Find how many lines of the records below contain the word "HoldsReached" and write that number by itself.

** Opening Extracted entries block **

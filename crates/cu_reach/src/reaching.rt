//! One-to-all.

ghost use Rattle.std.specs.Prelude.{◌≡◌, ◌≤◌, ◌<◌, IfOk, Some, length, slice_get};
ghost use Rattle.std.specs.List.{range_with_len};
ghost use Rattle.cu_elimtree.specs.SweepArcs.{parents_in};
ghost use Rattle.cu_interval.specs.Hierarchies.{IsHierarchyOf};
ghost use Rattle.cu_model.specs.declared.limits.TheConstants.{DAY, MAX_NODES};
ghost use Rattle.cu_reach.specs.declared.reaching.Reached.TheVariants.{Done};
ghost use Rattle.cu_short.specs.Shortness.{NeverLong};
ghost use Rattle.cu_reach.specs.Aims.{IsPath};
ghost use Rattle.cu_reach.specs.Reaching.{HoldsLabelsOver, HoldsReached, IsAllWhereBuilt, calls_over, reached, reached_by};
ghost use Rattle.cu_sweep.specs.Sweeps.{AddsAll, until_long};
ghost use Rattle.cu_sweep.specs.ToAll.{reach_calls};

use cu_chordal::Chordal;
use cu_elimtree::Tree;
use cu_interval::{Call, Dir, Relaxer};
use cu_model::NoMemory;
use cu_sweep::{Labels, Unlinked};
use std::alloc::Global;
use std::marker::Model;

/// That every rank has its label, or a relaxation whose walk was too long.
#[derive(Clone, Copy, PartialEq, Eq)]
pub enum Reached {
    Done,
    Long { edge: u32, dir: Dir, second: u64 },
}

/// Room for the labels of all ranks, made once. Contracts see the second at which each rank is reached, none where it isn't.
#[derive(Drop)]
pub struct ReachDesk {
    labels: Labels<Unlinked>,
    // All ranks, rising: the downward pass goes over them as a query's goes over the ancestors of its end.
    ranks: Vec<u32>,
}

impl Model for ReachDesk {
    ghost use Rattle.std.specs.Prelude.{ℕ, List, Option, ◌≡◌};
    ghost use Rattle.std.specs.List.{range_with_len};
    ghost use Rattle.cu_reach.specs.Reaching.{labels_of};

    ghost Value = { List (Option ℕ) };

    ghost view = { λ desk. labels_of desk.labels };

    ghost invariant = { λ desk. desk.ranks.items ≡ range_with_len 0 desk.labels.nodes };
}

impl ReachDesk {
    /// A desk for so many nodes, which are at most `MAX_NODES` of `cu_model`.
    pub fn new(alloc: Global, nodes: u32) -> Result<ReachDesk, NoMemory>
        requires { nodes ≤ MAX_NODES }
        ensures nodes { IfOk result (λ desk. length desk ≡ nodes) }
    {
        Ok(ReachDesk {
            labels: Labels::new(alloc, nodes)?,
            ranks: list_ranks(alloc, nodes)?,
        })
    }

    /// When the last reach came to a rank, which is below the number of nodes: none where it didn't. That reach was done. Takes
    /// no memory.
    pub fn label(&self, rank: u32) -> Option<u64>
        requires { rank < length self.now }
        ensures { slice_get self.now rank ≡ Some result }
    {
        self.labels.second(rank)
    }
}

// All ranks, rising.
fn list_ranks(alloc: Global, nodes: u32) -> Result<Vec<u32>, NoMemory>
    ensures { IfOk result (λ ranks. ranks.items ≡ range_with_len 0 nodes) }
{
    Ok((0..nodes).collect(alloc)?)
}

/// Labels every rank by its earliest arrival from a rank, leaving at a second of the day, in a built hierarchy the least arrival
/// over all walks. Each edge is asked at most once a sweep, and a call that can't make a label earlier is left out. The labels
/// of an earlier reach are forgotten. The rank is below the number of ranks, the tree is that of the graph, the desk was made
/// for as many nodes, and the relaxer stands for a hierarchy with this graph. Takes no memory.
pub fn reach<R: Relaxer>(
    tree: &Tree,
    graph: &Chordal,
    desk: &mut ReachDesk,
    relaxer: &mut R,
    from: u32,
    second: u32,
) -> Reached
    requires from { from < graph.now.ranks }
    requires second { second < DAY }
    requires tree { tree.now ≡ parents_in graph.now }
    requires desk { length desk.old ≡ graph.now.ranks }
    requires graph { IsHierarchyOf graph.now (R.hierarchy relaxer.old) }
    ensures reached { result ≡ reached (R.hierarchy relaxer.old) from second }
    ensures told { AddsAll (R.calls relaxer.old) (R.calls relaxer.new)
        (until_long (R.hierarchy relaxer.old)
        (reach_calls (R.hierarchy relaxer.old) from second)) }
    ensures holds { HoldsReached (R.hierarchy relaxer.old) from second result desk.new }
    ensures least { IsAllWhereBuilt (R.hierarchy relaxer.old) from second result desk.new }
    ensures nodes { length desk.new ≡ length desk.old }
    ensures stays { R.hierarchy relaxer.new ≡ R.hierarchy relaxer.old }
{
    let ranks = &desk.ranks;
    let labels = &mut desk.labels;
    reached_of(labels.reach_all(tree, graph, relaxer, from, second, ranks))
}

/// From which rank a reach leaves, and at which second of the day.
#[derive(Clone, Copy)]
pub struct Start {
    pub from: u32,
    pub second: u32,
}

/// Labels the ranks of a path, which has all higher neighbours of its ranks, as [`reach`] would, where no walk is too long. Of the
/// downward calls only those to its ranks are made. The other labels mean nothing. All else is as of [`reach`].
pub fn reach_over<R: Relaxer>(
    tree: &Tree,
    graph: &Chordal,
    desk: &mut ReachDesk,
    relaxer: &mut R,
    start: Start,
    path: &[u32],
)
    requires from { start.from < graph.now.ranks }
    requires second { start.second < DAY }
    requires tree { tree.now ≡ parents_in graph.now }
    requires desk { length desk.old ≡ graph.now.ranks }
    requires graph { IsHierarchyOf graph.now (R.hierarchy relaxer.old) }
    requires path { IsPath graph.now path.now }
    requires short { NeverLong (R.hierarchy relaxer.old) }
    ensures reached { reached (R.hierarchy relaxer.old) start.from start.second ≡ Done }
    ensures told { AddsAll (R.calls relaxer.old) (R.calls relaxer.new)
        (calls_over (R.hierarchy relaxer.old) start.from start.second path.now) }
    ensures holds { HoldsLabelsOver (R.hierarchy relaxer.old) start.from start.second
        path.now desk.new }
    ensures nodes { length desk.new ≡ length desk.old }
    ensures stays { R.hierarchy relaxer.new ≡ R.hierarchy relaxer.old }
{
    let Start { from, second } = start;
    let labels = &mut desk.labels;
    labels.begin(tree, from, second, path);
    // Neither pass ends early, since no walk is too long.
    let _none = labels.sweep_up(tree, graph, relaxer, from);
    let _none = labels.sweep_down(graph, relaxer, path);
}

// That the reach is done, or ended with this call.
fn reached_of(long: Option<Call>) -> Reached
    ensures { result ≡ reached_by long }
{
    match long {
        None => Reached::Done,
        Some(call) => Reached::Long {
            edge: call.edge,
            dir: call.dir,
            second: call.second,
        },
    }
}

** Closing Extracted entries block **

• _Task solution_: 2